**** Task inputs ****

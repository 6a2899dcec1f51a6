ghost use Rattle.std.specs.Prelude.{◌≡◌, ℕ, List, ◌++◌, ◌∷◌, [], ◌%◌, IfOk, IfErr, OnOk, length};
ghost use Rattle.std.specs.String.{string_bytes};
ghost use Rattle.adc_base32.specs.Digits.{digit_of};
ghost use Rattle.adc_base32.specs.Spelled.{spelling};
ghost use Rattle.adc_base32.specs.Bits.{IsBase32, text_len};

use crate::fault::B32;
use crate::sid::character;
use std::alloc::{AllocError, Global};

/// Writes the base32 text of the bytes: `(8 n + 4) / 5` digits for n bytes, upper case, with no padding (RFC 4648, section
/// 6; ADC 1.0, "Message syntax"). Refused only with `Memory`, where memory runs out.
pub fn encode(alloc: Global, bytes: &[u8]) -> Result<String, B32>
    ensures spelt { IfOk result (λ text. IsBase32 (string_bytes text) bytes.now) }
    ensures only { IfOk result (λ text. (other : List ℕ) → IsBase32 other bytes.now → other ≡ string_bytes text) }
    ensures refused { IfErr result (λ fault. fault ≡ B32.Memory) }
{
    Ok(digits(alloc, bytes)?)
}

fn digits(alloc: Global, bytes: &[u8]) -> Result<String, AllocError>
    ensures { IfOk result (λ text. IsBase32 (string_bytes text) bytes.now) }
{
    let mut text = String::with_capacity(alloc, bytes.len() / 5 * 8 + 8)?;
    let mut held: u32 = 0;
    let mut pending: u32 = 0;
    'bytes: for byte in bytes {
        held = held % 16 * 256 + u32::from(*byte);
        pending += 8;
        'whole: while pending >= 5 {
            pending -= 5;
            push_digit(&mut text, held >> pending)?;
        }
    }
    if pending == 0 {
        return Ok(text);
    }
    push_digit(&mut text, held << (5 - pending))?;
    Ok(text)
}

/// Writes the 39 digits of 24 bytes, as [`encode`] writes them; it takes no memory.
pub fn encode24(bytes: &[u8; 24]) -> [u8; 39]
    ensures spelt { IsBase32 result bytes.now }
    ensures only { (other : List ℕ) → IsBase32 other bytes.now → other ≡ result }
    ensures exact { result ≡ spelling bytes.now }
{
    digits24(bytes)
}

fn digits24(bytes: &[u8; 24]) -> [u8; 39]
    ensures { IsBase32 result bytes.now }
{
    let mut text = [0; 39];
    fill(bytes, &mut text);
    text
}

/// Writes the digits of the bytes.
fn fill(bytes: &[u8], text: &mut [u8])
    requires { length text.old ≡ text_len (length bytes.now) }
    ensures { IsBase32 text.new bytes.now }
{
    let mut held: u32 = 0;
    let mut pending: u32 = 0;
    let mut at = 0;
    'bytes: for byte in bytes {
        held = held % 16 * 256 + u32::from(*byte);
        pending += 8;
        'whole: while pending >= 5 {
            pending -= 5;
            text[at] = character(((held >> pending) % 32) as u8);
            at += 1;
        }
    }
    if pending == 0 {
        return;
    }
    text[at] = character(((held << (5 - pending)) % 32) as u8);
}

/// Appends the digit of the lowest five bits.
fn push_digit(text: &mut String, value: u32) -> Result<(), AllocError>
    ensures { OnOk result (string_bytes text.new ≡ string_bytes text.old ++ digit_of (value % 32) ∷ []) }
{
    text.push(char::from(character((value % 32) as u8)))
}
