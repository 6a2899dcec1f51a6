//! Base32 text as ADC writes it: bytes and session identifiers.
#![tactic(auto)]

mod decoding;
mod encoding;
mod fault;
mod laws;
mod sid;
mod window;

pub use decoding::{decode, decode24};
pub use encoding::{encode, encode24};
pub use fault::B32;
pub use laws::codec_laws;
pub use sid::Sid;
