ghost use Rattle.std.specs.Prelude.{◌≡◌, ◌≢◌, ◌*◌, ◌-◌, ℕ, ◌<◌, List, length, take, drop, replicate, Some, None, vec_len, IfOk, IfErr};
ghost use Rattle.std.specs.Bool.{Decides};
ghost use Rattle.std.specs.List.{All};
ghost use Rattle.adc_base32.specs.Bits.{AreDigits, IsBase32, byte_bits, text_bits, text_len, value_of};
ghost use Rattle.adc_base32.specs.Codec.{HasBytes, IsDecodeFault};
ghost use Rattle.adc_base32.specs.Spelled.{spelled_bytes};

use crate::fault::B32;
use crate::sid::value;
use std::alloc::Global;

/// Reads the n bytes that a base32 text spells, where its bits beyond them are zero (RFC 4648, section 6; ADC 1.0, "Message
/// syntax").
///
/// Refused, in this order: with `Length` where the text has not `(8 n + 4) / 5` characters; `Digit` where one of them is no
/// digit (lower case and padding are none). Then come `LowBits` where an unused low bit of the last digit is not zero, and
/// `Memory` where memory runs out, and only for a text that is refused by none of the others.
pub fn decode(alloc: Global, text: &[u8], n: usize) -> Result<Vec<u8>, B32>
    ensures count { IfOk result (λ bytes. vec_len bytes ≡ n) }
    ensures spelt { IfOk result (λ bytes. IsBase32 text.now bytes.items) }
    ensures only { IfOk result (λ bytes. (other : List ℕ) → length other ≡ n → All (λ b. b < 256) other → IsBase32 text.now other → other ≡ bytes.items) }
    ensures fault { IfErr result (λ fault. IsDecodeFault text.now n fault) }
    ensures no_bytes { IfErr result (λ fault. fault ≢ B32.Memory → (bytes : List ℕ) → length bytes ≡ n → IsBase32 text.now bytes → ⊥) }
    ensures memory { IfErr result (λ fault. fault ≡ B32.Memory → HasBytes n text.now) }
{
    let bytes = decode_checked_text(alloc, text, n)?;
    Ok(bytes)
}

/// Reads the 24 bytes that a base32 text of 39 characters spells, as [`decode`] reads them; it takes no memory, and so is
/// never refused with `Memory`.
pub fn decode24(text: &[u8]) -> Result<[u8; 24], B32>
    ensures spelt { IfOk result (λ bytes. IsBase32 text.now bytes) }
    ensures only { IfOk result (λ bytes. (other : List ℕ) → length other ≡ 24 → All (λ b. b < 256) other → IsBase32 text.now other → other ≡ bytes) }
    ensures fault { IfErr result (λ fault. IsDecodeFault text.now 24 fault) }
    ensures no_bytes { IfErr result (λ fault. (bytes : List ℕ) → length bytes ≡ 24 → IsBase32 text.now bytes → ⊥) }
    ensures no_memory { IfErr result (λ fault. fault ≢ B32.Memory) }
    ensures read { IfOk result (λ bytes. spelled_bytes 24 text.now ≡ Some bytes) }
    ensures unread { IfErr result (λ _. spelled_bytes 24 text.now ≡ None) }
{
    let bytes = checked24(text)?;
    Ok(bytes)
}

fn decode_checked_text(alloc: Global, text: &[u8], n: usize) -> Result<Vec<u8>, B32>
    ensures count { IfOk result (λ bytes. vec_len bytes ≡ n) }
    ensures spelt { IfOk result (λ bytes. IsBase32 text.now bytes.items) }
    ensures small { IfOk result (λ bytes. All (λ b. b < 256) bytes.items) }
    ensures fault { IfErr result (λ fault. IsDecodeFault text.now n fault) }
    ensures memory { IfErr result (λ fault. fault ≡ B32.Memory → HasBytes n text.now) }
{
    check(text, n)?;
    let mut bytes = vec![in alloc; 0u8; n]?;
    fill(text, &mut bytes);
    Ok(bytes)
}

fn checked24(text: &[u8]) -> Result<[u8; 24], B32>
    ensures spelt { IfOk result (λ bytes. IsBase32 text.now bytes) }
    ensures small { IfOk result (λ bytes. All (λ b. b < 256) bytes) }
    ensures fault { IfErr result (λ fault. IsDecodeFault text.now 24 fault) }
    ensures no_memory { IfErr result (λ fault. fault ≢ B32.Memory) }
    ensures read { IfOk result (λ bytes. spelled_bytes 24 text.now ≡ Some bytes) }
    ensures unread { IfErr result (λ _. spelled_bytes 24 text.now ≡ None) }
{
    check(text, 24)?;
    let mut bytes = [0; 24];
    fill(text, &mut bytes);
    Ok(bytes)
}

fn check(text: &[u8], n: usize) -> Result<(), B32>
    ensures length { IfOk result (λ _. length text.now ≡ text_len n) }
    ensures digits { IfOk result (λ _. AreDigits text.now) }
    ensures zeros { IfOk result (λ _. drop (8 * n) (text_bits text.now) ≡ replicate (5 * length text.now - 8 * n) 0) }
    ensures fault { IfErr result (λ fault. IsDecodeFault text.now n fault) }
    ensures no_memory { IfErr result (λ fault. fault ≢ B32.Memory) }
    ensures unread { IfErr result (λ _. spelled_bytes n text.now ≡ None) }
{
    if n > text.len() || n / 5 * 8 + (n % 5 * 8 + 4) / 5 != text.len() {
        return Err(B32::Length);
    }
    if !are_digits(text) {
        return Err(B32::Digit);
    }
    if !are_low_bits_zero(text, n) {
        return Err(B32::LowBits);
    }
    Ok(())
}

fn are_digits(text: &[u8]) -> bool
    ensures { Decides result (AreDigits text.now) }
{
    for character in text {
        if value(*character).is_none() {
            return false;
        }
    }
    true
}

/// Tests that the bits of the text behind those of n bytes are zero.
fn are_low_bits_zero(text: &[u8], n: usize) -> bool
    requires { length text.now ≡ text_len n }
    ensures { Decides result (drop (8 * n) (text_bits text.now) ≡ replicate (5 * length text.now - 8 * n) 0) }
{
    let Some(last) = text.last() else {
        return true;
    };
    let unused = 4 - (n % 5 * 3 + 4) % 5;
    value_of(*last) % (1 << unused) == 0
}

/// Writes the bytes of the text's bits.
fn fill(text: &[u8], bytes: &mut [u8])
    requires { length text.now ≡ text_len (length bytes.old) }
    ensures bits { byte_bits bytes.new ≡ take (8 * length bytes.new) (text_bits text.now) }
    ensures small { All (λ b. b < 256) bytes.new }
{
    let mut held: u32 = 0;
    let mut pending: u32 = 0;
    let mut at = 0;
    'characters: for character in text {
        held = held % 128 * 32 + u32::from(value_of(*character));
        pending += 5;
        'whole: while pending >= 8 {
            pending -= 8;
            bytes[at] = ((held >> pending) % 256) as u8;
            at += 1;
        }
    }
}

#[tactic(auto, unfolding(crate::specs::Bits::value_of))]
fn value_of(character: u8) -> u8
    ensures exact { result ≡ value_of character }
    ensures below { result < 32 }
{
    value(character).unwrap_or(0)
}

****

Work instructions: In how many lines above does the word "return" appear? Answer with only the number.

The answer: 7